OPINION

My Fear for INEC’s Card Reader

By UMAR SA’AD HASSAN

My people of the north have a saying: You can start to tell how good a Friday will be on a Wednesday. A wise person never lets what he wants to happen becloud the reality on ground.

There is nothing anyone would want more than free and fair elections this year as the polity has never been this heated. By mudslinging worth paying attention to by both parties on one hand and outright “motor-park” rants on the other. INEC remains my biggest fear – it is a confused umpire.

INEC didn’t test the card reader in elections prior to the postponed February polls and didn’t even test it before the postponement, which was just a week before the scheduled date.
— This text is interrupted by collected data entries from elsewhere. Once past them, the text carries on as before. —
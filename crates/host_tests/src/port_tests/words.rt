// Events and calls in words. Where memory runs out, less is told than a test wants.
use host_fakes::{HostileHost, NullAnalysis, ScriptHost};
use inline_host::RecordedCall;
use plain::Items;
use session_port::{Host, HostError, HostEvent, JobResult, JobValue, TaskBody, TaskMsg};
use std::alloc::Global;

/// The number that a word is, or the greatest one.
pub fn number(word: &str) -> u64 {
    word.parse::<u64>().unwrap_or(u64::MAX)
}

/// Adds an item to a list, if there is one.
pub fn push<T: Drop>(list: &mut Items<T>, item: Option<T>) {
    if let Some(item) = item {
        let _ = list.push(item);
    }
}

/// The numbers among words, none where a `-` stands.
pub fn numbers(alloc: Global, words: &str) -> Items<u64> {
    let mut numbers = Items::new(alloc);
    for word in words.split(' ') {
        push(&mut numbers, word.parse::<u64>().ok());
    }
    numbers
}

/// Adds words to a text.
pub fn add(text: &mut String, more: &str) {
    let _ = text.push_str(more);
}

pub fn add_number(alloc: Global, text: &mut String, number: u64) {
    if let Ok(digits) = format!(in alloc; "{number}") {
        add(text, digits.as_str());
    }
}

fn add_bytes(text: &mut String, bytes: &[u8]) {
    match str::from_utf8(bytes) {
        Ok(read) => add(text, read),
        Err(_) => add(text, "no UTF-8"),
    }
}

/// A result in words.
pub fn result_text(outcome: &JobResult) -> &'static str {
    match outcome {
        JobResult::Value(JobValue::Json(value)) => {
            if value.is_null() { "null" } else { "value" }
        }
        JobResult::Value(JobValue::Diagnostics(lists)) => match lists.len() {
            2 => "two lists",
            _ => "lists",
        },
        JobResult::Value(JobValue::Tests(_)) => "tests",
        JobResult::Value(JobValue::Roots(_)) => "roots",
        JobResult::Value(JobValue::Primed) => "primed",
        JobResult::Value(JobValue::Workspaces(_)) => "workspaces",
        JobResult::Value(JobValue::BuildData(_)) => "build data",
        JobResult::Value(JobValue::ProcMacros(_)) => "proc macros",
        JobResult::Fault { .. } => "fault",
        JobResult::Cancelled { .. } => "cancelled",
        JobResult::NoMemory => "no memory",
    }
}

/// Adds results.
fn add_batch(alloc: Global, text: &mut String, batch: &[TaskMsg]) {
    for message in batch {
        add_number(alloc, text, message.job);
        add(text, ": ");
        add(
            text,
            match &message.body {
                TaskBody::Final(outcome) => result_text(outcome),
                TaskBody::Begin => "begun",
                TaskBody::Report(_) => "told",
                TaskBody::PrimeReport { .. } => "primes",
            },
        );
        add(text, ";");
    }
}

/// Adds an event.
fn add_given(alloc: Global, text: &mut String, event: &HostEvent) {
    match event {
        HostEvent::Bytes(bytes) => add_bytes(text, bytes.as_slice()),
        HostEvent::Ended => add(text, "ended"),
        HostEvent::Tasks(batch) => add_batch(alloc, text, batch.as_slice()),
        HostEvent::DeferredTask(_) => add(text, "deferred"),
        HostEvent::Vfs(_) => add(text, "loader"),
        HostEvent::Flycheck(_) => add(text, "checks"),
        HostEvent::TestResult(_) => add(text, "tests"),
        HostEvent::DiscoverProject(_) => add(text, "discovery"),
        HostEvent::Timer(ticket) => add_number(alloc, text, *ticket),
    }
}

/// Adds what a call gave, or that it failed. The one function that owns an event which a host gave.
pub fn add_event(alloc: Global, text: &mut String, event: Result<HostEvent, HostError>) {
    match &event {
        Ok(event) => add_given(alloc, text, event),
        Err(_) => add(text, "failed"),
    }
    drop(event);
    add(text, "|");
}

/// Adds of each call that it gave an event, or how many commands it took.
pub fn add_calls(alloc: Global, text: &mut String, calls: &[RecordedCall]) {
    for call in calls {
        match call.commands() {
            Some(commands) => add_number(alloc, text, commands.len() as u64),
            None => add(text, "event"),
        }
        add(text, "|");
    }
}

/// A host that may be called again after it failed and after the end. The call claims nothing here.
pub trait Tireless {
    /// Adds the next event, or that the call failed.
    fn add_next(&mut self, alloc: Global, text: &mut String);
}

impl Tireless for ScriptHost<'_, NullAnalysis> {
    fn add_next(&mut self, alloc: Global, text: &mut String) {
        add_event(alloc, text, self.next());
    }
}

impl Tireless for HostileHost {
    fn add_next(&mut self, alloc: Global, text: &mut String) {
        add_event(alloc, text, Host::<NullAnalysis>::next(self));
    }
}

/// Adds so many events of a host, and a ` > ` behind them.
pub fn add_events<H: Tireless>(alloc: Global, text: &mut String, host: &mut H, count: u64) {
    for _ in 0..count {
        host.add_next(alloc, text);
    }
    add(text, " > ");
}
Was it due to insecurity? Is there a plan no one is telling us?

When Prof. Attahiru Jega was appointed and we were serenaded with tunes of his credibility and integrity, I told people we needed to tread with caution and not forget the lessons we had learned from experience. We should always bear in mind the person who appointed him is a politician with a party and political interests, whether he is smart enough to understand the importance of ceding some territories to the opposition or not.

Jega seemed fired up for the task and introduced the biometric database in place of our archaic voter registration system which, we were meant to believe, left absolutely no room for electoral malpractice. Elections were postponed for a week in 2011 because of logistical hitches on the part of INEC. Presidential election results hadn’t even been announced before the then CPC chairman, Prince Tony Momoh, alleged on TV that the INEC computers had software that deducted Gen. Muhammadu Buhari’s votes in his strongholds — places like Katsina and Kano. Whether those elections were rigged or flawed (to use a milder term) or not is subjective. We may be accustomed to settling for less, but INEC’s ineptitude and indecisiveness could be too rotten a morsel to swallow.

Just like it did with the biometric database, it has sold us the card reader with ease and, ordinarily, we would shower Jega with encomiums for further enhancing our voting system to suit international standards. But fellow citizens, 59% success rate in biometric (finger print) authentication is something to worry about, going by INEC’s antecedents.

We had a lot of time before February – years, as a matter of fact – so why anyone would choose the few weeks preceding an election to test the smart card reader baffles me to no end. Would we have blindly gone into the postponed February polls with an innovation INEC subsequently deemed worth testing? I am not a pessimist, and I am very glad smart card readers can fully authenticate PVCs, which is its primary aim. But what if we had used them in the February polls and provisions weren’t made for incident forms where finger prints couldn’t be authenticated as is the case now?

A slim margin of error only means there is room, no matter how little, for a flaw or fraud. A card reader could authenticate a card which doesn’t belong to the bearer but won’t stop him from voting if it doesn’t verify his fingerprint because all he has to do is fill an incident form.

Here, one can’t help but remember stories of politicians offering money for PVCs sometime ago.

We understand we are a Third World country and that adapting to significant changes entails a lot of mistakes, but such mistakes are unacceptable if they could have been easily avoided.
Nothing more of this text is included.